Sunday, April 18, 2010

Sealpups dying off the coast of Germany


Experts Baffled by Mass Seal Pup Deaths

A rash of deaths among young seals along the North Sea coast has puzzled German marine biologists, who wonder whether the deaths represent a worrying trend for the local ecosystem. In Schleswig-Holstein, most of the seal pups born in 2009 have perished.

German marine biologists have been left scratching their heads by a disturbing trend in the North Sea. Within the past year, more than 900 dead seals have washed up along the North Sea coast in the state of Schleswig-Holstein, according to a report released this week by the state. Researchers fear extreme winter conditions may have weakened the animals and put them at greater risk for illness and parasites.


"A certain number of dead seals are normal, but three times as many seals as usual died in the past fall and winter," Kai Abt, a biologist at Wildlife Consulting in Kiel, who carried out the report for the state told the German news agency DDP. Abt believes that the lion's share of seals born in the area in 2009 have perished.

Researchers are now seeking to determine the exact causes of death. In many cases, researchers believe, the seal pups may have fallen victim to parasites. In post-mortem examinations of seals, researchers in the state said that the pestilent lungworm parasite had been found often in the more than 200 bodies they inspected. Lungworm is common in mammals including rats, cattle and cats. The parasites usually live in the respiratory and vascular systems of animals and in many cases lead to pneumonia and bacterial infections. Hungry seal pups are more vulnerable to lungworm, which can often lead to death.

Researchers have ruled out the possibility that the deaths were caused by phocine distemper virus, which caused a mass die-out of seals along the North Sea coast between 1988 and 2002.

A Global Warming Connection?

For his part, Abt suspects there may be a link between climate change, the corresponding influx of nutrients from the Atlantic Ocean into the North Sea and the rising number of dead seal pups. Abt believes the phenomenon may be influencing local fish stocks and causing a food shortage -- one that can be fatal to young pups that are still learning how to hunt and survive and cannot dive as deep for food as mature seals. The young seals typically feed on flounder, crab, and other small fish.

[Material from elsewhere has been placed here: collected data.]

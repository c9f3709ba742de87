//! Answers that are assessed beside the bound of a text, where memory is refused, a device fails or
//! the text is damaged.
use crate::pictured::has;
use refusing::Refusing;
use std::alloc::{AllocError, Global};
use std::test::Fail;
use test_runs::devices::{Failure, Sink, Source};
use test_runs::examples::Given;
use test_runs::growths::{Ended, ample, refuse_each_growth};
use test_runs::runs::{Ending, ending_of, ensure, request};
use tf_assess::bound_read::{BoundReadFault, bound_read};
use tf_assess::offered::Aids;
use tf_assess::run_assess::{AssessmentRequest, run_assess};
use tf_bound_text::sheet::BoundSheet;
use tf_engine::request::Request;
use tf_evaluate::evaluation::Standing;
use tf_search::effort::{Effort, Nobody};
use tf_text::answer::layout::Layout;
use tf_text::counted::Counted;

/// Job 1 is never late.
const INSTANCE: &[u8] = b"table 1\njob 1 p=1,1 d=100\njob 2 p=3,1 d=1\njob 3 p=3,1 d=1\n";

const ANSWER: &[u8] = b"answer 1\nproblem F2||sumT\njobs 3\nmachines 2\nvalue 9\npiece 2 1 0 3\n\
    piece 3 1 3 6\npiece 1 1 6 7\npiece 2 2 3 4\npiece 3 2 6 7\npiece 1 2 7 8\ncert load\nend\n";

/// Jobs 2 and 3 come first on machine 1: 3 + 6 + 2 - 2. Each alone they are late by 3, so 6.
const BOUND: &[u8] =
    b"bound 1\nproblem F2||sumT\njobs 3\nmachines 2\nvalue 9\nmultipliers 1 1 0 1 1\nend\n";

const WRITTEN: &[u8] = b"evaluation 1\nproblem F2||sumT\njobs 3\nmachines 2\nfits\nclaimed 9\n\
    value 9\nbest 9\ngap 0\noffered 9\nbound 9\nmultipliers 1 1 0 1 1\njob 1 6 8 0\n\
    job 2 0 4 3\njob 3 3 7 6\nend\n";

/// Where the text of the bound was not read, or how else the run ended without an assessment.
#[derive(Clone, Copy, PartialEq, Eq)]
enum Unassessed {
    Bound(BoundReadFault),
    Run(Ending),
}

fn is_want_of_memory(fault: Unassessed) -> bool {
    fault == Unassessed::Bound(BoundReadFault::OutOfMemory)
        || fault == Unassessed::Run(Ending::OutOfMemory)
}

fn request_of(rt: &HostRuntime) -> Result<Request, AllocError> {
    request(rt, "F2||sumT", Given::Table, Layout::Two)
}

/// Assesses the answer beside the bound that the source gives.
fn assess_beside(
    heap: &Refusing<Global>,
    request: &Request,
    bound: &mut Source<'_>,
    sink: &mut Sink,
) -> Result<Standing, Unassessed> {
    let mut reader = Counted::new(bound);
    match bound_read(heap, &mut reader) {
        Ok(sheet) => assess(heap, request, sheet, sink),
        Err(fault) => Err(Unassessed::Bound(fault)),
    }
}

fn assess<'a>(
    heap: &'a Refusing<Global>,
    request: &Request,
    sheet: BoundSheet<&'a Refusing<Global>>,
    sink: &mut Sink,
) -> Result<Standing, Unassessed> {
    // Prices would bound as much, so no steps are taken for them.
    let effort: Effort<Nobody> = Effort::untold(Some(0));
    let offered = Some(sheet);
    let aids = Aids { effort, offered };
    let mut instance = Counted::new(INSTANCE);
    let mut answer = Counted::new(ANSWER);
    let mut writer = Counted::new(sink);
    let asked = AssessmentRequest { request, aids };
    match run_assess(heap, asked, &mut instance, &mut answer, &mut writer) {
        Ok(assessed) => Ok(assessed),
        Err(fault) => Err(Unassessed::Run(ending_of(&fault))),
    }
}

/// All of it is written, or nothing is.
fn assessed_on(heap: &Refusing<Global>, alloc: Global, request: &Request) -> Result<Ended, Fail> {
    let mut bound = Source::new(BOUND);
    let mut sink = Sink::new(alloc);
    match assess_beside(heap, request, &mut bound, &mut sink) {
        Ok(Standing::Best) if sink.taken() == WRITTEN => Ok(Ended::Answered),
        Err(fault) if is_want_of_memory(fault) && sink.calls() == 0 => Ok(Ended::OutOfMemory),
        _ => Err(Fail::new("another outcome")),
    }
}

#[test]
fn an_offered_bound_is_used_or_memory_was_refused(rt: HostRuntime) -> Result<(), Fail> {
    let alloc = rt.alloc();
    let request = request_of(&rt)?;
    let growths = refuse_each_growth(&rt, |heap| assessed_on(heap, alloc, &request))?;
    ensure(growths > 0, "no growth")
}

/// The reader of the bound fails at this call, and nothing is written.
fn bound_is_cut_off(alloc: Global, request: &Request, call: u64) -> bool {
    let mut bound = Source::new(BOUND).by(5).failing(Failure::once(call));
    let mut sink = Sink::new(alloc);
    let assessed = assess_beside(&ample(alloc), request, &mut bound, &mut sink);
    assessed == Err(Unassessed::Bound(BoundReadFault::Device)) && sink.calls() == 0
}

#[test]
fn nothing_is_written_where_a_read_of_the_bound_fails(rt: HostRuntime) -> Result<(), Fail> {
    let request = request_of(&rt)?;
    for call in 1..(BOUND.len() as u64).div_ceil(5) + 2 {
        ensure(
            bound_is_cut_off(rt.alloc(), &request, call),
            "another outcome",
        )?;
    }
    Ok(())
}

/// The lines of the bounds that are none above the optimum.
const SOUND: [&[u8]; 4] = [
    b"\nbound 6\n",
    b"\nbound 7\n",
    b"\nbound 8\n",
    b"\nbound 9\n",
];

/// The text has the line of a bound that is at most the optimum.
fn has_sound_line(text: &[u8]) -> bool {
    for line in SOUND {
        if has(text, line) {
            return true;
        }
    }
    false
}

/// The bound that is written is at most the optimum, or the text of the bound is refused.
fn is_sound(alloc: Global, request: &Request, text: &[u8]) -> bool {
    let mut bound = Source::new(text);
    let mut sink = Sink::new(alloc);
    match assess_beside(&ample(alloc), request, &mut bound, &mut sink) {
        Ok(_) => has_sound_line(sink.taken()),
        Err(Unassessed::Bound(BoundReadFault::Text(_))) => sink.calls() == 0,
        Err(_) => false,
    }
}

/// A byte of the text of the bound is replaced by others in turn.
fn is_sound_at(alloc: Global, request: &Request, place: usize) -> Result<bool, AllocError> {
    for byte in b"0239-x \n" {
        let mut damaged = Vec::from_slice(alloc, BOUND)?;
        if let Some(own) = damaged.get_mut(place) {
            *own = *byte;
        }
        if !is_sound(alloc, request, &damaged) {
            return Ok(false);
        }
    }
    Ok(true)
}

#[test]
fn a_replaced_byte_makes_no_bound_above_the_optimum(rt: HostRuntime) -> Result<(), Fail> {
    let request = request_of(&rt)?;
    for place in 0..BOUND.len() {
        ensure(is_sound_at(rt.alloc(), &request, place)?, "unsound")?;
    }
    Ok(())
}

But other scientists dispute his thesis, arguing there is no proof that food stocks for young seals have been reduced.

Just last summer the state's seal population reached 8,415, its highest total since records started being kept in 1975. And in the nearby state of Lower-Saxony, the seal population is nearly as bountiful, with the state recording its second-highest seal population in 2009. The state also reported deaths of approximately 100 seal pups last year, but officials said that figure was not significantly greater than in other years and was likely attributable to the extreme winter. In recent years, the total population of seals off of Germany's North Sea coast has risen by between 10 and 20 percent.

Whether a bewildering trend or a seasonal exception, all researchers involved agree that the North Sea ecosystem needs further study in order to explain the causes of why so many seal pups are dying.